The Z80's instruction encoding is deterministic: the byte sequence 21 00 40 always decodes to LD HL, 4000h regardless of context. No mode switching changes the interpretation of bytes. No hidden state affects the decoding process. Once decoded, an instruction's representation remains constant forever. This determinism makes caching straightforward to implement.
WeakMap as a cache
JavaScript's WeakMap provides a natural caching mechanism for object keys. I treat each instruction's byte sequence as a Uint8Array and use that array as the cache key. When decoding, the decoder first checks whether the byte sequence exists in the cache. If so, it returns the cached result immediately. If not, it decodes the instruction then stores the result then returns it.
const cache = new WeakMap<Uint8Array, DecodedInstruction>();
function decode(bytes: Uint8Array): DecodedInstruction {
let result = cache.get(bytes);
if (result) {
return result;
}
result = decodeInstruction(bytes);
cache.set(bytes, result);
return result;
}
The WeakMap holds references weakly so entries can be garbage-collected. When the byte array goes out of scope elsewhere, the cache entry becomes eligible for garbage collection. This prevents the cache from growing without bound during long debugging sessions. The cache stays proportional to the working set of instructions currently relevant rather than accumulating every instruction ever seen.
Cache hit rates
I instrumented the decoder during typical debugging sessions to measure cache effectiveness. The hit rate depends on the program under test, but typical values exceed 95 percent. A tight loop like a delay routine might decode the same handful of instructions thousands of times. The decoder does the work once and serves the cached result for subsequent hits.

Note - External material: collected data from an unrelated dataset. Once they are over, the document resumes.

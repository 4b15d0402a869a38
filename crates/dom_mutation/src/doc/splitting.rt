//! The splitting of a Text (DOM Standard, concept: split a Text node).
ghost use Rattle.std.specs.Prelude.{◌≡◌, ◌↔◌, ◌⊎◌, ◌++◌, ◌∷◌, [], length, true, IfOk, OnOk, Some};
ghost use Rattle.dom_base.specs.declared.Refusal.{Refusal as RefusalOf};
ghost use Rattle.dom_base.specs.declared.Refusal.TheVariants.{IndexSize};
ghost use Rattle.dom_model.specs.Part.{next_name};
ghost use Rattle.dom_model.specs.TextChanges.{splitting};
ghost use Rattle.dom_model.specs.Tree.{kind_of, is_text};
ghost use Rattle.dom_model.specs.World.{part_of};
ghost use Rattle.dom_model.specs.CommandRefusals.{past_end};
ghost use Rattle.dom_mutation.specs.Doc.{made, name_in, owner_in, trees_in, splitting_refusal, HoldsNode};

use crate::Doc;
use crate::splitting::split;
use dom_base::Fault;
use node_arena::Key;

impl Doc {
    /// The code units of a Text from an offset on go into a new Text just behind it, which is the answer (DOM Standard,
    /// split a Text node). Refused with `IndexSize` where the offset is past the node's length, and with `Limit` where the
    /// owner has as many nodes as it may. Where memory is refused, nothing is changed, or the document is given up: its keys name no
    /// nodes any more.
    pub fn split(&mut self, node: Key, offset: usize) -> Result<Key, Fault>
        requires node_is_node { HoldsNode self.old node }
        requires text { is_text (kind_of (trees_in self.old node) (name_in self.old node)) ≡ true }
        ensures key { IfOk result (λ key. key ≡ length self.old.names) }
        ensures names { OnOk result (self.new.names ≡ self.old.names ++ next_name (part_of self.old.world (owner_in self.old node)) ∷ []) }
        ensures world { OnOk result (self.new.world ≡ made (owner_in self.old node) (splitting (name_in self.old node) offset) self.old.world) }

        // A refusal is one of these, in their order, and changes nothing; nothing else but memory stops a split.
        ensures index { (result ≡ Err (Fault.Refused IndexSize)) ↔
            (past_end (part_of self.old.world (owner_in self.old node)) (name_in self.old node) offset ≡ true) }
        ensures refused { (r : RefusalOf) → result ≡ Err (Fault.Refused r) →
            splitting_refusal (part_of self.old.world (owner_in self.old node)) (name_in self.old node) offset ≡ Some r }
        ensures stopped { (r : RefusalOf) →
            splitting_refusal (part_of self.old.world (owner_in self.old node)) (name_in self.old node) offset ≡ Some r →
            (result ≡ Err (Fault.Refused r)) ⊎ (result ≡ Err Fault.Memory) }
        ensures unchanged { (r : RefusalOf) → result ≡ Err (Fault.Refused r) → self.new ≡ self.old }
    {
        self.parts.laws();
        split(&mut self.parts, node, offset)
    }
}
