//! New nodes (DOM Standard, createElement(); concept: clone a single node).
ghost use Rattle.std.specs.Prelude.{◌≡◌, ◌↔◌, ◌⊎◌, ◌++◌, ◌∷◌, [], length, true, false, Some, string_bytes, IfOk, IfErr, OnOk, OnErr};
ghost use Rattle.std.specs.Option.{ForSome};
ghost use Rattle.dom_base.specs.declared.Refusal.{Refusal as RefusalOf};
ghost use Rattle.dom_base.specs.declared.Refusal.TheVariants.{Limit};
ghost use Rattle.dom_model.specs.CommandRefusals.{past_limit};
ghost use Rattle.dom_model.specs.Tree.{is_shadow, kind_of, node_in};
ghost use Rattle.dom_model.specs.Part.{next_name};
ghost use Rattle.dom_model.specs.Steps.{make};
ghost use Rattle.dom_model.specs.Changes.{doing};
ghost use Rattle.dom_model.specs.World.{part_of, is_there};
ghost use Rattle.dom_tree.specs.Forest.{node_from};
ghost use Rattle.dom_mutation.specs.Doc.{HoldsNode, made, name_in, owner_in, trees_in, adding_refusal, is_misnamed};

use crate::{Doc, is_name};
use dom_base::{Fault, Kind, Owner, Refusal};
use dom_tree::NodeData;
use node_arena::Key;

impl Doc {
    /// Makes a node with an owner's next number, in a tree of its own, and gives its key. Refused with `InvalidCharacter` where it
    /// is an element whose name is none (a letter or `_`, then letters, digits, `-` and `_`), and then with `Limit` where the owner
    /// has as many nodes as it may (own rules); then, as where memory is refused, nothing is changed.
    #[inline(always)]
    pub fn add(&mut self, owner: Owner, node: NodeData) -> Result<Key, Fault>
        requires owner_is_there { is_there self.old.world owner ≡ true }
        requires no_shadow { is_shadow node.kind ≡ false }
        requires document_is_node { ForSome node.document (HoldsNode self.old) }
        ensures key { IfOk result (λ key. key ≡ length self.old.names) }
        ensures names { OnOk result (self.new.names ≡ self.old.names ++ next_name (part_of self.old.world owner) ∷ []) }
        ensures world { OnOk result (self.new.world ≡ made owner
            (doing (make (node_from self.old.names (next_name (part_of self.old.world owner)) node))) self.old.world) }

        // A refusal is one of these, in their order. Nothing else but memory stops a new node.
        ensures refused { (r : RefusalOf) → (result ≡ Err (Fault.Refused r)) ↔
            (adding_refusal (part_of self.old.world owner) node.kind (string_bytes node.element) ≡ Some r) }
        ensures err { OnErr result (self.new ≡ self.old) }
    {
        if is_misnamed(&node) {
            return Err(Fault::Refused(Refusal::InvalidCharacter));
        }
        self.parts.laws();
        self.parts.add(owner, node)
    }

    /// Makes a node of the kind and the name of one that is there, with its owner's next number, in a tree of its own, and gives its
    /// key: a clone, or a part of one (DOM Standard, concept: clone a single node). The name was tested when the first node was
    /// made. Refused with `Limit` where the owner has as many nodes as it may; then, as where memory is refused, nothing is changed.
    pub fn add_clone(&mut self, of: Key, node: NodeData) -> Result<Key, Fault>
        requires of_is_node { HoldsNode self.old of }
        requires kind { node.kind ≡ kind_of (trees_in self.old of) (name_in self.old of) }
        requires element { string_bytes node.element ≡ (node_in (trees_in self.old of) (name_in self.old of)).element }
        requires no_shadow { is_shadow node.kind ≡ false }
        requires document_is_node { ForSome node.document (HoldsNode self.old) }
        ensures key { IfOk result (λ key. key ≡ length self.old.names) }
        ensures names { OnOk result (self.new.names ≡ self.old.names ++ next_name (part_of self.old.world (owner_in self.old of)) ∷ []) }
        ensures world { OnOk result (self.new.world ≡ made (owner_in self.old of)
            (doing (make (node_from self.old.names (next_name (part_of self.old.world (owner_in self.old of))) node))) self.old.world) }

        // An owner's nodes are at most 1,000,000. Nothing else but memory stops one more.
        ensures limit { (result ≡ Err (Fault.Refused Limit)) ↔ (past_limit (part_of self.old.world (owner_in self.old of)).node_count 1 ≡ true) }
        ensures other { IfErr result (λ fault. (fault ≡ Fault.Refused Limit) ⊎ (fault ≡ Fault.Memory)) }
        ensures err { OnErr result (self.new ≡ self.old) }
    {
        self.parts.laws();
        let owner = self.parts.owner(of);
        self.parts.add(owner, node)
    }
}

/// Whether a node is an element whose name is none.
fn is_misnamed(node: &NodeData) -> bool
    ensures { result ≡ is_misnamed node.now.kind (string_bytes node.now.element) }
{
    matches!(node.kind, Kind::Element) && !is_name(node.element.as_bytes())
}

The miss rate spikes when scrolling through memory views because each scroll brings new addresses into view. Even then, returning to previously viewed regions hits the cache. The steady-state behaviour favours the cache heavily.
Performance characteristics
The cache lookup is fast—a hash table probe and a reference comparison. The cache miss path runs the full decoder, which involves a switch dispatch and operand parsing. For multi-byte instructions with displacement values or immediate values, the parsing includes bounds checking alongside endianness conversion. The cached path skips all of that.
The memory overhead is proportional to the number of unique instructions in the cache. Each entry holds a Uint8Array key (typically 1 to 4 bytes) and a decoded result object (a few tens of bytes including the mnemonic string and operand descriptions). For a program with a few hundred unique instruction patterns, the cache consumes a few kilobytes. The memory cost is negligible compared to the time saved.
Lessons from the refactor
Breaking the decoder into modules forced me to think about the instruction set systematically. The Z80's prefixing scheme, awkward as it sometimes feels, maps naturally onto a module-per-prefix structure. The code now reflects the architecture it decodes.
The caching emerged from profiling the decoder during real sessions. I noticed redundant decoding in the hot path and asked whether the work was necessary. The deterministic encoding made the answer obvious while the WeakMap made the implementation clean while the hit rate validated the approach.
The two changes—splitting and caching—happened in the same commit because they reinforced each other. The split made the decoder easier to reason about while the caching made it faster. Together, they transformed a sprawling file into a maintainable subsystem with measurable performance characteristics.